> Work required
Your task is to transcribe, without alteration, the lines from the top of the material below through the line bearing "result.is_logged ≡ listening.now.is_logged", inclusive.

===== Material for this exercise =====

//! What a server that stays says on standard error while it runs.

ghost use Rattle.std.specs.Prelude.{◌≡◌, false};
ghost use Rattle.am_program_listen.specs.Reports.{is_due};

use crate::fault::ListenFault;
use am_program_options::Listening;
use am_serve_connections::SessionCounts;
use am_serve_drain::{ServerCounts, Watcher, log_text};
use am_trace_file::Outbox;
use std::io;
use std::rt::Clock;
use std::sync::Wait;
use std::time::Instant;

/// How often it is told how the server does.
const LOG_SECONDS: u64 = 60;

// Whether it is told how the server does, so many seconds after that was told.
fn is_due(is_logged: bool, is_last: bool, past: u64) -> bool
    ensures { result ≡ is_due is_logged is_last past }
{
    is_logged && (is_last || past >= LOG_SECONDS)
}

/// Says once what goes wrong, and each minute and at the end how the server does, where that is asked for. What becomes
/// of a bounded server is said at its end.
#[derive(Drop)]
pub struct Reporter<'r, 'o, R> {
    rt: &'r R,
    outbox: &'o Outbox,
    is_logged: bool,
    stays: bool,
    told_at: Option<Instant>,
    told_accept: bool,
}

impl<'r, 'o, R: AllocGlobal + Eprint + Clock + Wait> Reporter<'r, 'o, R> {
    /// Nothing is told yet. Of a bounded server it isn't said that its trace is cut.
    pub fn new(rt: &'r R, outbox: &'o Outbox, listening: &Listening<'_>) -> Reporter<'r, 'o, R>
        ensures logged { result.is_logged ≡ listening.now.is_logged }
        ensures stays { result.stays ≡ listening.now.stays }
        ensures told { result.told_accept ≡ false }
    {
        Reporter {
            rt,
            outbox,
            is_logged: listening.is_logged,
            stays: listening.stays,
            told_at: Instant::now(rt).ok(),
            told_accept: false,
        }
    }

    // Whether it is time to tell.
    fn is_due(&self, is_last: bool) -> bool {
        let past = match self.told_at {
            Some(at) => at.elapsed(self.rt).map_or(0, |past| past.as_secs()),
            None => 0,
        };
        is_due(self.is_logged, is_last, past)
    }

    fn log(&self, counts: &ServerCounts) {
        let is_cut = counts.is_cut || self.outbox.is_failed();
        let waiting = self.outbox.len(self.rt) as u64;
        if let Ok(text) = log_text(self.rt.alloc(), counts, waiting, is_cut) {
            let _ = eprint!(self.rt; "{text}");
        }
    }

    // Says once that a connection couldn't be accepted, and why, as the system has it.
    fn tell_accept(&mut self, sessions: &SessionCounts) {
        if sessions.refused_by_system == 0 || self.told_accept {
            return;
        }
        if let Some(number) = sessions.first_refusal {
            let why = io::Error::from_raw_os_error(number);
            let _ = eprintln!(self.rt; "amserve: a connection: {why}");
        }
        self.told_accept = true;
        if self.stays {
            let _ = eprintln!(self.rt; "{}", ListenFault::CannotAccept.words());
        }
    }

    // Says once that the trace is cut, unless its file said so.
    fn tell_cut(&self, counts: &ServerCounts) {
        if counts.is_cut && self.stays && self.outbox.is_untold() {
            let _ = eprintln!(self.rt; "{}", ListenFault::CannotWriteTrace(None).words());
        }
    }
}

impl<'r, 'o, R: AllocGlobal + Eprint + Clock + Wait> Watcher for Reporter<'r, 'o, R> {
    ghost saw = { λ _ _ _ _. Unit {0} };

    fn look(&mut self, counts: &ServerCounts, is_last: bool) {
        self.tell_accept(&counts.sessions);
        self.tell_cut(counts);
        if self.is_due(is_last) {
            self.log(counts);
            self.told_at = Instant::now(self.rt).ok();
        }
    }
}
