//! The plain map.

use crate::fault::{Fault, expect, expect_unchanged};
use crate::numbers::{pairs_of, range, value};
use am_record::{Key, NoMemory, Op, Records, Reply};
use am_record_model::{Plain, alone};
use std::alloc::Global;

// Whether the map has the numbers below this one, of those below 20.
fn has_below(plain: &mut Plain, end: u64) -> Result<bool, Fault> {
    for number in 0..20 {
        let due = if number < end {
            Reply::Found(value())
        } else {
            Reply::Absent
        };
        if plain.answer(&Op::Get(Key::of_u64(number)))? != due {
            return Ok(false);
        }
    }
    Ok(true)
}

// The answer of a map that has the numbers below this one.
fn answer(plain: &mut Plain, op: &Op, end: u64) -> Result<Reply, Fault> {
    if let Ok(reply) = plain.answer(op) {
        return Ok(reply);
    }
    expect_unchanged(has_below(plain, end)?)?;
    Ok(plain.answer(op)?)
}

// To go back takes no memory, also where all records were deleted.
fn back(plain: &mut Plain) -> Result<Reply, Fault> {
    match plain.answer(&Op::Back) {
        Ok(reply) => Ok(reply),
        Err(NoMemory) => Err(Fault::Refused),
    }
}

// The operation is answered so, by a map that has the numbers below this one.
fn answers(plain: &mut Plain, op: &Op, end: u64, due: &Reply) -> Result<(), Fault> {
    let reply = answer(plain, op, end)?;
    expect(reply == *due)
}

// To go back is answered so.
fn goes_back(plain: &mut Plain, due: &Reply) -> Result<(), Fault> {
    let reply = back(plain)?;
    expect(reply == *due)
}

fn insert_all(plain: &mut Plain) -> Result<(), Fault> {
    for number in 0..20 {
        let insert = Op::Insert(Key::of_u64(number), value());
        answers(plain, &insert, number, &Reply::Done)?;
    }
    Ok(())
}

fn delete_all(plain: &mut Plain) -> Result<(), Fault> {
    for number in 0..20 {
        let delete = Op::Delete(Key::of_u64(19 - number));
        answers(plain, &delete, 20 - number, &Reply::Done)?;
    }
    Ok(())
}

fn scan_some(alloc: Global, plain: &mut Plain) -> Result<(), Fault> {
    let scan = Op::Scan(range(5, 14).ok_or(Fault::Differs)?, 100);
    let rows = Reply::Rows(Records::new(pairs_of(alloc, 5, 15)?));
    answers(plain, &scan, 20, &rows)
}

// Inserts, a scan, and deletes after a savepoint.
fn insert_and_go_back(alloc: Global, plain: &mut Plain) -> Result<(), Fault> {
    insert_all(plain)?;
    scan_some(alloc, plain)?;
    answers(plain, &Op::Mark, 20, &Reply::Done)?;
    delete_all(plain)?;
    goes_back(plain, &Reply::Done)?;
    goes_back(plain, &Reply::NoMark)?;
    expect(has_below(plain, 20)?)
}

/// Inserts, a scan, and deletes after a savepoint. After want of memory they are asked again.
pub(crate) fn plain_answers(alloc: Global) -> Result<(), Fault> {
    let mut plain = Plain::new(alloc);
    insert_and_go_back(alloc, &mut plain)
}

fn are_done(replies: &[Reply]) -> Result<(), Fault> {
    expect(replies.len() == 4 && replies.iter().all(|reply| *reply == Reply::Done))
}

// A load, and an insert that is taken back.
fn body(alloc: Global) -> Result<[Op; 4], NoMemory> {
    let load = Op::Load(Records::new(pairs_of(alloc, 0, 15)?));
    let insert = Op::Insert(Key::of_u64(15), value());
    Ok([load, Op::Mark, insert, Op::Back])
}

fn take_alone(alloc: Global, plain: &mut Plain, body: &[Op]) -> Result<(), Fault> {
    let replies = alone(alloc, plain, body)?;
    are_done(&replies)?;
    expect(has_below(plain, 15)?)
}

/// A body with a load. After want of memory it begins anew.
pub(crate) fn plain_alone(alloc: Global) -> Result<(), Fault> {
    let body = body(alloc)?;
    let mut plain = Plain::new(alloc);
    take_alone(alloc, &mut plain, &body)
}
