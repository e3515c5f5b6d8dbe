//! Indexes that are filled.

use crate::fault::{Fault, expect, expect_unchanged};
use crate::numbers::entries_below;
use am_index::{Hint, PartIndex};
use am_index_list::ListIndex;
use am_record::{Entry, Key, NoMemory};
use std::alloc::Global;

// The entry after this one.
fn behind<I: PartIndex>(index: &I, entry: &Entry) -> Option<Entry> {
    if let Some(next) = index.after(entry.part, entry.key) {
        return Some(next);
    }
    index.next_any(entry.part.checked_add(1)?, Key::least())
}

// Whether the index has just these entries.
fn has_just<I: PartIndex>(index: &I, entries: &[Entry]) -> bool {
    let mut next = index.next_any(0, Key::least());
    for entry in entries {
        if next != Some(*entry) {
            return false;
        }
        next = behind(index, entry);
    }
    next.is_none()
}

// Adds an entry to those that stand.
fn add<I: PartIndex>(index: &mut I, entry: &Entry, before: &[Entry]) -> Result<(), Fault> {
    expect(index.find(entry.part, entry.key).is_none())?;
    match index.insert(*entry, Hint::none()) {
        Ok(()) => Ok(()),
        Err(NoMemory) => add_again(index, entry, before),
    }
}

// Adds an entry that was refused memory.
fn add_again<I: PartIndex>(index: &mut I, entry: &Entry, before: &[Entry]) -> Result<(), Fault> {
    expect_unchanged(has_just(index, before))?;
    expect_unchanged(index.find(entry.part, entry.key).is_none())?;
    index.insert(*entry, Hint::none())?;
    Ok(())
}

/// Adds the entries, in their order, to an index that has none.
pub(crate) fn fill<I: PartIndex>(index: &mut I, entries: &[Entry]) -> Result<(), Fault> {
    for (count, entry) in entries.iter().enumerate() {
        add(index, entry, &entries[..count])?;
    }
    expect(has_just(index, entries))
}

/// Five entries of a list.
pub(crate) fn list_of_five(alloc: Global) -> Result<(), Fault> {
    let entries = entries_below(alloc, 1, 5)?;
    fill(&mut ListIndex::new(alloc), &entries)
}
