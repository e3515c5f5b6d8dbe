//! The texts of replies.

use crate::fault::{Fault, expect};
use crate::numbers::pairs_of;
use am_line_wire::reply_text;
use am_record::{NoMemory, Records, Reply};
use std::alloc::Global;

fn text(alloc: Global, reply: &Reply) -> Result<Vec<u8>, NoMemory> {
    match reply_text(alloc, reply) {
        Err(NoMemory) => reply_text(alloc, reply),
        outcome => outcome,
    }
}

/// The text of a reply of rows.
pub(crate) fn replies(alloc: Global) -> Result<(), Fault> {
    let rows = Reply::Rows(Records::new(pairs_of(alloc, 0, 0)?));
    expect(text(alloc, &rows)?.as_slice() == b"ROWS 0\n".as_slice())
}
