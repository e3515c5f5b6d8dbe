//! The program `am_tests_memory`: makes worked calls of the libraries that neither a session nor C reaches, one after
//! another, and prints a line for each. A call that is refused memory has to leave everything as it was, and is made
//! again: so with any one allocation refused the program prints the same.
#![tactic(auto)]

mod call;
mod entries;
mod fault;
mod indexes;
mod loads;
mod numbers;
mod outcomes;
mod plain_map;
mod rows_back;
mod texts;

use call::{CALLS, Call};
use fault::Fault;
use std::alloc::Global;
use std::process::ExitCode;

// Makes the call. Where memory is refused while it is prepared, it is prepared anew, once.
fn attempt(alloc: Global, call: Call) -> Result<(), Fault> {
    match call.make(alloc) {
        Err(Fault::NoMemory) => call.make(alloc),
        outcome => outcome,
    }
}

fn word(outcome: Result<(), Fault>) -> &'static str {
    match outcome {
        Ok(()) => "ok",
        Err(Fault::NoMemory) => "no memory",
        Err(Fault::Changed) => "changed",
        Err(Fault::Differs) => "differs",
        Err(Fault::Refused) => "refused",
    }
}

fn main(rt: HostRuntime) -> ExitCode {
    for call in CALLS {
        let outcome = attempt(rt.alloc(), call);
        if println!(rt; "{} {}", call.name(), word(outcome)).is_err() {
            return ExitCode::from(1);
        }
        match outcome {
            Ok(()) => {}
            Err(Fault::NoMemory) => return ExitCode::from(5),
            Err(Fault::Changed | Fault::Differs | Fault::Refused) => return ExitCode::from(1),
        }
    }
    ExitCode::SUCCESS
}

=====

> Result
//! What a server that stays says on standard error while it runs.

ghost use Rattle.std.specs.Prelude.{◌≡◌, false};
ghost use Rattle.am_program_listen.specs.Reports.{is_due};

use crate::fault::ListenFault;
use am_program_options::Listening;
use am_serve_connections::SessionCounts;
use am_serve_drain::{ServerCounts, Watcher, log_text};
use am_trace_file::Outbox;
use std::io;
use std::rt::Clock;
use std::sync::Wait;
use std::time::Instant;

/// How often it is told how the server does.
const LOG_SECONDS: u64 = 60;

// Whether it is told how the server does, so many seconds after that was told.
fn is_due(is_logged: bool, is_last: bool, past: u64) -> bool
    ensures { result ≡ is_due is_logged is_last past }
{
    is_logged && (is_last || past >= LOG_SECONDS)
}

/// Says once what goes wrong, and each minute and at the end how the server does, where that is asked for. What becomes
/// of a bounded server is said at its end.
#[derive(Drop)]
pub struct Reporter<'r, 'o, R> {
    rt: &'r R,
    outbox: &'o Outbox,
    is_logged: bool,
    stays: bool,
    told_at: Option<Instant>,
    told_accept: bool,
}

impl<'r, 'o, R: AllocGlobal + Eprint + Clock + Wait> Reporter<'r, 'o, R> {
    /// Nothing is told yet. Of a bounded server it isn't said that its trace is cut.
    pub fn new(rt: &'r R, outbox: &'o Outbox, listening: &Listening<'_>) -> Reporter<'r, 'o, R>
        ensures logged { result.is_logged ≡ listening.now.is_logged }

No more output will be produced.